Leestijd: 5 minuuten
De gevolgen van de vergunningplicht voor pied-à-terres in Amsterdam (2026)
Een tweede woning of pied-à-terre wordt vaak gebruikt voor studerende kinderen, familiebezoek, gedeeld gebruik tussen partners en internationale gezinnen.
Begin december 2025 stelt de gemeenteraad van Amsterdam de nieuwe regels voor een vergunning voor een tweede woning definitief vast.
De gemeente voert deze maatregel in om het aantal pied-à-terres te beperken en leegstand tegen te gaan. Er wordt onderscheid gemaakt tussen bestaande situaties en nieuwe aanvragen. Mr. Annemarie Govers-Schotten krijgt hier de laatste tijd vaker vragen over van kopers en makelaars, vandaar deze blog.

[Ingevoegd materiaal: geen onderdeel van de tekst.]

//! The command `synth`.
ghost use Rattle.std.specs.Prelude.{◌≡◌, ◌⊎◌, ℕ, ◌-◌, ◌^◌, ◌<◌, ◌≤◌, ◌++◌, false, [], map, vec_len, IfOk, IfErr, IfSome, OnOk};
ghost use Rattle.std.specs.List.{range_with_len};
ghost use Rattle.pla_reader.specs.Parts.{parts_of, IsPla};
ghost use Rattle.report_text.specs.Report.{parts_of_block};
ghost use Rattle.four_lattice.specs.Devices.{change};
ghost use Rattle.four_lattice.specs.Judge.{SynthComes, IsGranted};
ghost use Rattle.four_lattice.specs.Lattices.{IsThere, IsWriteCause};
ghost use Rattle.four_lattice.specs.Minima.{asked, AnswersOutput, CutsOutput, WroteOutput, StoppedOutput, WroteBlocks, StoppedBlocks, WroteHeads, StoppedHeads, WroteEnds, StoppedEnds, WroteAnswers, StoppedAnswers, IsTallyOf, fault_of_search};
ghost use Rattle.four_lattice.specs.Rejected.{rejected_for, AreAskedWhereFull, AreUsedOnce, IsWorkDone, UsesFinders};
ghost use Rattle.four_lattice.specs.Run.{Finishes};
ghost use Rattle.four_lattice.specs.Synth.{chosen_outputs};
ghost use Rattle.four_lattice.specs.Trial.{HasSteps};
ghost use Rattle.four_lattice.specs.Uses.{pla_journal_and_finders, most_pla_bytes};

use crate::ending::{Ending, Finished, InputRefusal, Refusal};
use crate::inputs::input_pla;
use crate::lattices::{WorkFault, has_output};
use crate::tally::Tally;
use area_search::fault::SearchFault;
use area_search::least::search;
use audit_core::laws::right_where_shown;
use finder_set::finder::Finder;
use finder_set::improve::Dropped;
use journal_text::writer::JournalWriter;
use lattice_grid::grid::Grid;
use lattice_grid::rails::Rails;
use pla_reader::pla::Pla;
use report_text::answer::Block;
use report_text::write::{write_block, write_end, write_head};
use std::alloc::Global;
use wire_io::fault::{NoMemory as OutOfMemory, Stopped};
use wire_io::sink::Sink;
use wire_io::source::Source;

/// A proposal for which a finder was dropped, and the output for which it was made.
#[derive(Drop)]
pub struct Rejected {
    pub output: u32,
    pub proposal: Grid,
}

/// What stops a command whose search stopped so.
fn work_fault(fault: SearchFault) -> WorkFault
    ensures { result ≡ fault_of_search fault }
{
    match fault {
        SearchFault::Sink => WorkFault::Write,
        SearchFault::NoMemory => WorkFault::NoMemory,
    }
}

/// Adds the proposals for which finders were dropped at an output.
fn reject(
    rejected: &mut Vec<Rejected>,
    output: u32,
    dropped: Vec<Dropped>,
) -> Result<(), OutOfMemory>
    ensures { OnOk result (rejected.new.items ≡ rejected.old.items ++ map (rejected_for output) dropped.items) }
{
    for entry in dropped {
        rejected.push(Rejected {
            output,
            proposal: entry.proposal,
        })?;
    }
    Ok(())
}

/// Searches the lattice of an output, and writes its questions and its answer to the journal.
fn answer_output<K: Sink>(
    alloc: Global,
    pla: &Pla,
    output: u32,
    rails: Rails,
    conflicts: u32,
    finders: &mut Vec<Box<dyn Finder>>,
    rejected: &mut Vec<Rejected>,
    writer: JournalWriter<K>,
) -> Result<(Block, JournalWriter<K>), Stopped<WorkFault, K>>
    requires few { vec_len finders.old < 2 ^ 32 }
    requires pla { IsPla (parts_of pla.now) }
    requires there { output < pla.now.outputs }
    requires conflicts { conflicts ≤ 200000 }
    requires whole { writer.failed ≡ false }
    ensures whole { IfOk result (λ pair. pair.1.failed ≡ false) }
    ensures answers { IfOk result (λ pair. AnswersOutput (asked rails conflicts (parts_of pla.now)) output (parts_of_block pair.0)
        (change (K.got writer.sink) (K.faults writer.sink) (K.got pair.1.sink) (K.faults pair.1.sink))) }
    ensures later { IfOk result (λ pair. K.faults writer.sink ≤ K.faults pair.1.sink) }
    ensures cuts { IfErr result (λ stopped. CutsOutput (asked rails conflicts (parts_of pla.now)) output
        (change (K.got writer.sink) (K.faults writer.sink) (K.got stopped.held) (K.faults stopped.held))) }
    ensures cause { IfErr result (λ stopped. IsWriteCause (K.faults writer.sink) (K.faults stopped.held) stopped.fault) }
    ensures cut_later { IfErr result (λ stopped. K.faults writer.sink ≤ K.faults stopped.held) }
    ensures used { OnOk result (AreUsedOnce begun left rails (parts_of pla.now) output finders.old.items finders.new.items rejected.old.items rejected.new.items) }
    ensures fewer { vec_len finders.new ≤ vec_len finders.old }
{
    let place = output as usize;
    let Ok(name) = pla.output_names.as_slice()[place].copy(alloc) else {
        return Err(Stopped {
            fault: WorkFault::NoMemory,
            held: writer.into_sink(),
        });
    };
    let (answer, dropped, proofs, mut writer) = match search(
        alloc,
        output,
        &pla.specs[place],
        rails,
        conflicts,
        finders,
        writer,
    ) {
        Ok(found) => found,
        Err(Stopped { fault, held }) => {
            return Err(Stopped {
                fault: work_fault(fault),
                held,
            });
        }
    };
    if reject(rejected, output, dropped).is_err() {
        return Err(Stopped {
            fault: WorkFault::NoMemory,
            held: writer.into_sink(),
        });
    }
    let block = Block {
        output,
        name,
        answer,
        proofs,
    };
    if writer.answer(&block).is_err() {
        return Err(Stopped {
            fault: WorkFault::Write,
            held: writer.into_sink(),
        });
    }
    Ok((block, writer))
}

/// Answers for an output in the journal, and then writes its block.
fn write_output<K: Sink>(
    alloc: Global,
    out: &mut K,
    pla: &Pla,
    output: u32,
    rails: Rails,
    conflicts: u32,
    finders: &mut Vec<Box<dyn Finder>>,
    rejected: &mut Vec<Rejected>,
    writer: JournalWriter<K>,
) -> Result<(Tally, JournalWriter<K>), Stopped<WorkFault, K>>
    requires few { vec_len finders.old < 2 ^ 32 }
    requires pla { IsPla (parts_of pla.now) }
    requires there { output < pla.now.outputs }
    requires conflicts { conflicts ≤ 200000 }
    requires whole { writer.failed ≡ false }
    ensures whole { IfOk result (λ pair. pair.1.failed ≡ false) }
    ensures few { IfOk result (λ pair. IsTallyOf 1 pair.0) }
    ensures wrote { IfOk result (λ pair. WroteOutput (asked rails conflicts (parts_of pla.now)) output pair.0
        (change (K.got out.old) (K.faults out.old) (K.got out.new) (K.faults out.new))
        (change (K.got writer.sink) (K.faults writer.sink) (K.got pair.1.sink) (K.faults pair.1.sink))) }
    ensures stopped { IfErr result (λ stopped. StoppedOutput (asked rails conflicts (parts_of pla.now)) output stopped.fault
        (change (K.got out.old) (K.faults out.old) (K.got out.new) (K.faults out.new))
        (change (K.got writer.sink) (K.faults writer.sink) (K.got stopped.held) (K.faults stopped.held))) }
    ensures used { OnOk result (AreUsedOnce begun left rails (parts_of pla.now) output finders.old.items finders.new.items rejected.old.items rejected.new.items) }
    ensures fewer { vec_len finders.new ≤ vec_len finders.old }
{
    let (block, writer) = answer_output(
        alloc, pla, output, rails, conflicts, finders, rejected, writer,
    )?;
    if write_block(out, &block).is_err() {
        return Err(Stopped {
            fault: WorkFault::Write,
            held: writer.into_sink(),
        });
    }
    Ok((Tally::of(&block.answer), writer))
}

/// Answers for each output from `first` on that is below `end`, one after another.
fn write_outputs<K: Sink>(
    alloc: Global,
    out: &mut K,
    pla: &Pla,
    first: u32,
    end: u32,
    rails: Rails,
    conflicts: u32,
    finders: &mut Vec<Box<dyn Finder>>,
    rejected: &mut Vec<Rejected>,
    writer: JournalWriter<K>,
) -> Result<(Tally, JournalWriter<K>), Stopped<WorkFault, K>>
    requires few { vec_len finders.old < 2 ^ 32 }
    requires fresh { rejected.old.items ≡ [] }
    requires pla { IsPla (parts_of pla.now) }
    requires rising { first ≤ end }
    requires there { end ≤ pla.now.outputs }
    requires conflicts { conflicts ≤ 200000 }
    requires whole { writer.failed ≡ false }
    ensures whole { IfOk result (λ pair. pair.1.failed ≡ false) }
    ensures wrote { IfOk result (λ pair. WroteBlocks (asked rails conflicts (parts_of pla.now)) (range_with_len first (end - first)) pair.0
        (change (K.got out.old) (K.faults out.old) (K.got out.new) (K.faults out.new))
        (change (K.got writer.sink) (K.faults writer.sink) (K.got pair.1.sink) (K.faults pair.1.sink))) }
    ensures stopped { IfErr result (λ stopped. StoppedBlocks (asked rails conflicts (parts_of pla.now)) (range_with_len first (end - first)) stopped.fault
        (change (K.got out.old) (K.faults out.old) (K.got out.new) (K.faults out.new))
        (change (K.got writer.sink) (K.faults writer.sink) (K.got stopped.held) (K.faults stopped.held))) }
    ensures used { OnOk result (AreAskedWhereFull begun left rails (parts_of pla.now) (range_with_len first (end - first)) finders.old.items finders.new.items rejected.new.items) }
    ensures fewer { vec_len finders.new ≤ vec_len finders.old }
{
    right_where_shown();
    let mut writer = writer;
    let mut tally = Tally::new();
    for output in first..end {
        let (next, later) = write_output(
            alloc, out, pla, output, rails, conflicts, finders, rejected, writer,
        )?;
        tally = tally.and(next);
        writer = later;
    }
    Ok((tally, writer))
}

Bestaande pied-à-terre (tot en met 31 december 2025)
Tot en met 31 december 2025 mag een pied-à-terre in Amsterdam zonder vergunning worden gehouden, mits aan de volgende voorwaarden wordt voldaan:
- Je staat niet ingeschreven in Amsterdam (je hoofdverblijf is elders).
- Je bezit maximaal één tweede woning in de stad.
- De woning wordt uitsluitend gebruikt voor eigen verblijf en niet voor verhuur, zakelijke doeleinden of gebruik door derden.
- De woning is geen sociale huurwoning.
- Het eigendomsbewijs bevat geen verplichting tot hoofdverblijf of inschrijving in de BRP.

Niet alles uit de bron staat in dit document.